• [About this exercise]:
The lines from the top of the records below through the one containing "ghost use Rattle.dh_tree.specs.Indices" are to be transcribed exactly, and nothing else is to be added.

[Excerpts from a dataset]
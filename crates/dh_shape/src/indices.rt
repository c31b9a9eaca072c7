//! What the indices of accesses are.

ghost use Rattle.std.specs.Prelude.{◌≡◌, ℤ, pos, ◌+ℤ◌};
ghost use Rattle.dh_value.specs.declared.operators.Op.TheVariants as op;
ghost use Rattle.dh_tree.specs.Indices as definitions;
ghost use Rattle.dh_tree.specs.Seen.{form_seen};
ghost use Rattle.dh_shape.specs.Classified as answers;
ghost use Rattle.dh_shape.specs.Classified.{IsCountedIndex, IsKindOf, IsMoved, IsSum, literal_of, named_entity_of, literal_number};

use dh_tree::{Counter, Expr, ExprForm, Kind, Typed};
use dh_value::{Op, fits};

/// What an index is, its unroll factor left aside.
#[derive(Clone, Copy, Debug, PartialEq, Eq)]
pub enum IndexKind {
    /// A literal with its sign, from -(2^64 - 1) to 2^64 - 1.
    Constant(i128),
    /// An iterator with a constant added, each of whose values is at least 0 and a value of the
    /// index's kind.
    Iterator {
        /// The number of the iterator's entity.
        entity: u32,
        /// The constant, from -(2^64 - 1) to 2^64 - 1; 0 for the iterator alone.
        offset: i128,
    },
    /// Another index.
    Dynamic,
}

/// A number with its sign.
#[derive(Clone, Copy)]
struct Offset {
    negative: bool,
    value: u64,
}

/// A number of 64 bits and another with a sign, added.
fn sum_of(number: u64, literal: Offset) -> i128
    ensures { result ≡ pos number +ℤ literal_number literal }
{
    let number = i128::from(number);
    let value = i128::from(literal.value);
    if literal.negative {
        number - value
    } else {
        number + value
    }
}

/// The number of a literal.
fn number_of(literal: Offset) -> i128
    ensures { result ≡ literal_number literal }
{
    let value = i128::from(literal.value);
    if literal.negative { -value } else { value }
}

/// Whether a number is at least 0 and a value of the kind.
fn fits_kind(kind: Option<Kind>, number: i128) -> bool
    ensures { result ≡ definitions.fits_kind kind number }
{
    match kind {
        Some(kind) => number >= 0 && fits(kind, number),
        None => false,
    }
}

/// Whether every value of an iterator with a literal added is at least 0 and a value of the kind.
fn all_fit(kind: Option<Kind>, counter: Counter, literal: Offset) -> bool
    ensures { result ≡ definitions.all_fit kind counter (literal_number literal) }
{
    counter.high <= counter.low
        || (fits_kind(kind, sum_of(counter.low, literal))
            && fits_kind(kind, sum_of(counter.high - 1, literal)))
}

/// What a name with a literal added is.
fn counted(typed: &Typed, kind: Option<Kind>, entity: Option<u32>, literal: Offset) -> IndexKind
    ensures { IsCountedIndex typed.now kind entity literal result }
{
    let Some(entity) = entity else {
        return IndexKind::Dynamic;
    };
    match typed.counter(entity) {
        Some(counter) if all_fit(kind, counter, literal) => IndexKind::Iterator {
            entity,
            offset: number_of(literal),
        },
        _ => IndexKind::Dynamic,
    }
}

/// The literal that an expression is, if it is one.
#[tactic(auto, using(dh_tree::proofs::SeenTerms::terms_are))]
fn literal(term: &Expr) -> Option<Offset>
    ensures { result ≡ literal_of (form_seen term.now.form) }
{
    match &term.form {
        ExprForm::Number { negative, value } => Some(Offset {
            negative: *negative,
            value: *value,
        }),
        ExprForm::Truth { .. } => None,
        ExprForm::Variable { .. } => None,
        ExprForm::Access { .. } => None,
        ExprForm::Physical { .. } => None,
        ExprForm::Binary { .. } => None,
        ExprForm::Cast { .. } => None,
    }
}

/// The entity of the name that an expression is, if it is one.
#[tactic(auto, using(dh_tree::proofs::SeenTerms::terms_are))]
fn name(term: &Expr) -> Option<Option<u32>>
    ensures { result ≡ named_entity_of (form_seen term.now.form) }
{
    match &term.form {
        ExprForm::Variable { of } => Some(of.entity),
        ExprForm::Number { .. } => None,
        ExprForm::Truth { .. } => None,
        ExprForm::Access { .. } => None,
        ExprForm::Physical { .. } => None,
        ExprForm::Binary { .. } => None,
        ExprForm::Cast { .. } => None,
    }
}

/// What a name with a literal added is, where these are a name and a literal.
fn moved(
    typed: &Typed,
    kind: Option<Kind>,
    name: Option<Option<u32>>,
    literal: Option<Offset>,
) -> IndexKind
    ensures { IsMoved typed.now kind name literal result }
{
    match literal {
        Some(literal) => match name {
            Some(entity) => counted(typed, kind, entity, literal),
            None => IndexKind::Dynamic,
        },
        None => IndexKind::Dynamic,
    }
}

/// What a sum is.
fn added(typed: &Typed, kind: Option<Kind>, left: &Expr, right: &Expr) -> IndexKind
    ensures { IsSum typed.now kind op.Add left.now right.now result }
{
    let named = name(left);
    if named.is_some() {
        moved(typed, kind, named, literal(right))
    } else {
        moved(typed, kind, name(right), literal(left))
    }
}

/// A literal with the other sign.
fn opposite(literal: Option<Offset>) -> Option<Offset>
    ensures { result ≡ answers.opposite literal }
{
    match literal {
        Some(literal) => Some(Offset {
            negative: !literal.negative,
            value: literal.value,
        }),
        None => None,
    }
}

/// What a difference is.
fn taken(typed: &Typed, kind: Option<Kind>, left: &Expr, right: &Expr) -> IndexKind
    ensures { IsSum typed.now kind op.Sub left.now right.now result }
{
    moved(typed, kind, name(left), opposite(literal(right)))
}

/// What an operation is.
fn sum(typed: &Typed, kind: Option<Kind>, op: Op, left: &Expr, right: &Expr) -> IndexKind
    ensures { IsSum typed.now kind op left.now right.now result }
{
    match op {
        Op::Add => added(typed, kind, left, right),
        Op::Sub => taken(typed, kind, left, right),
        Op::Mul
        | Op::And
        | Op::Or
        | Op::Xor
        | Op::Shl
        | Op::Shr
        | Op::Lt
        | Op::Gt
        | Op::Le
        | Op::Ge
        | Op::Eq
        | Op::Ne
        | Op::Both
        | Op::Either => IndexKind::Dynamic,
    }
}

/// What an index is: a literal; an iterator, alone or with a literal added or taken away, all of whose
/// values are at least 0 and values of the index's kind; or another.
#[tactic(auto, using(dh_tree::proofs::SeenTerms::terms_are))]
pub fn classify(typed: &Typed, index: &Expr) -> IndexKind
    ensures { IsKindOf typed.now index.now result }
{
    match &index.form {
        ExprForm::Number { negative, value } => IndexKind::Constant(number_of(Offset {
            negative: *negative,
            value: *value,
        })),
        ExprForm::Variable { of } => {
            let nothing = Offset {
                negative: false,
                value: 0,
            };
            counted(typed, index.kind, of.entity, nothing)
        }
        ExprForm::Binary { op, left, right } => sum(typed, index.kind, *op, left, right),
        ExprForm::Truth { .. } => IndexKind::Dynamic,
        ExprForm::Access { .. } => IndexKind::Dynamic,
        ExprForm::Physical { .. } => IndexKind::Dynamic,
        ExprForm::Cast { .. } => IndexKind::Dynamic,
    }
}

• [Finished exercise]:
filename crates/dh_shape/src/indices.rt
repository c31b9a9eaca072c7
//! What the indices of accesses are.

ghost use Rattle.std.specs.Prelude.{◌≡◌, ℤ, pos, ◌+ℤ◌};
ghost use Rattle.dh_value.specs.declared.operators.Op.TheVariants as op;
ghost use Rattle.dh_tree.specs.Indices as definitions;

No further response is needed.